INSTRUCTIONS FOR THE TASK:
The only acceptable output is every entry, printed exactly.

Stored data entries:
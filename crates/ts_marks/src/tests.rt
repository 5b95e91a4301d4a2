//! Marking once: a leaf, by an edit of two parts.
use crate::mark;
use std::alloc::Global;
use std::test::Fail;
use ts_base::List;
use ts_core::Symbol;
use ts_node::Node;
use ts_text::{Edit, Part, Text, apply};

/// A leaf of a text, marked by an edit of the text.
fn marked_leaf(alloc: Global, text: &Text, leaf: &Node, edit: &Edit) -> Result<Option<Node>, Fail> {
    let _ = leaf.nodes();
    if leaf.pad() + leaf.size() > text.len() {
        return Ok(None);
    }
    match apply(alloc, text, edit) {
        Ok(_) => Ok(Some(mark(alloc, leaf, edit)?)),
        Err(_) => Ok(None),
    }
}

/// An edit that puts `xy` in the place of byte 1, and takes byte 4 out.
fn two_parts(alloc: Global) -> Result<Edit, Fail> {
    let mut parts = List::new(alloc);
    parts.push(Part {
        start: 1,
        end: 2,
        new: Text::from_bytes(alloc, b"xy")?,
    })?;
    parts.push(Part {
        start: 4,
        end: 5,
        new: Text::from_bytes(alloc, b"")?,
    })?;
    Ok(Edit { parts })
}

#[test]
fn sizes_follow_an_edit_of_two_parts(rt: HostRuntime) -> Result<(), Fail> {
    let alloc = rt.alloc();
    let text = Text::from_bytes(alloc, b"  abcd")?;
    let leaf = Node::leaf(Symbol(1), 2, 4, 7, Some(4));
    let edit = two_parts(alloc)?;
    let Some(marked) = marked_leaf(alloc, &text, &leaf, &edit)? else {
        panic!(rt; "not marked");
    };
    assert_eq!(rt; marked.pad(), 3);
    assert_eq!(rt; marked.size(), 3);
    assert_eq!(rt; marked.settled(), false);
    Ok(())
}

PROBLEM SOLUTION:
filename crates/ts_marks/src/tests.rt
repository 5b95e91a4301d4a2
//! Marking once: a leaf, by an edit of two parts.
use crate::mark;
use std::alloc::Global;
use std::test::Fail;
use ts_base::List;
use ts_core::Symbol;
use ts_node::Node;
use ts_text::{Edit, Part, Text, apply};

/// A leaf of a text, marked by an edit of the text.
fn marked_leaf(alloc: Global, text: &Text, leaf: &Node, edit: &Edit) -> Result<Option<Node>, Fail> {
    let _ = leaf.nodes();
    if leaf.pad() + leaf.size() > text.len() {
        return Ok(None);
    }
    match apply(alloc, text, edit) {
        Ok(_) => Ok(Some(mark(alloc, leaf, edit)?)),
        Err(_) => Ok(None),
    }
}

/// An edit that puts `xy` in the place of byte 1, and takes byte 4 out.
fn two_parts(alloc: Global) -> Result<Edit, Fail> {
    let mut parts = List::new(alloc);
    parts.push(Part {
        start: 1,
        end: 2,
        new: Text::from_bytes(alloc, b"xy")?,
    })?;
    parts.push(Part {
        start: 4,
        end: 5,
        new: Text::from_bytes(alloc, b"")?,
    })?;
    Ok(Edit { parts })
}

#[test]
fn sizes_follow_an_edit_of_two_parts(rt: HostRuntime) -> Result<(), Fail> {
    let alloc = rt.alloc();
    let text = Text::from_bytes(alloc, b"  abcd")?;
    let leaf = Node::leaf(Symbol(1), 2, 4, 7, Some(4));
    let edit = two_parts(alloc)?;
    let Some(marked) = marked_leaf(alloc, &text, &leaf, &edit)? else {
        panic!(rt; "not marked");
    };
    assert_eq!(rt; marked.pad(), 3);
    assert_eq!(rt; marked.size(), 3);
    assert_eq!(rt; marked.settled(), false);
    Ok(())
}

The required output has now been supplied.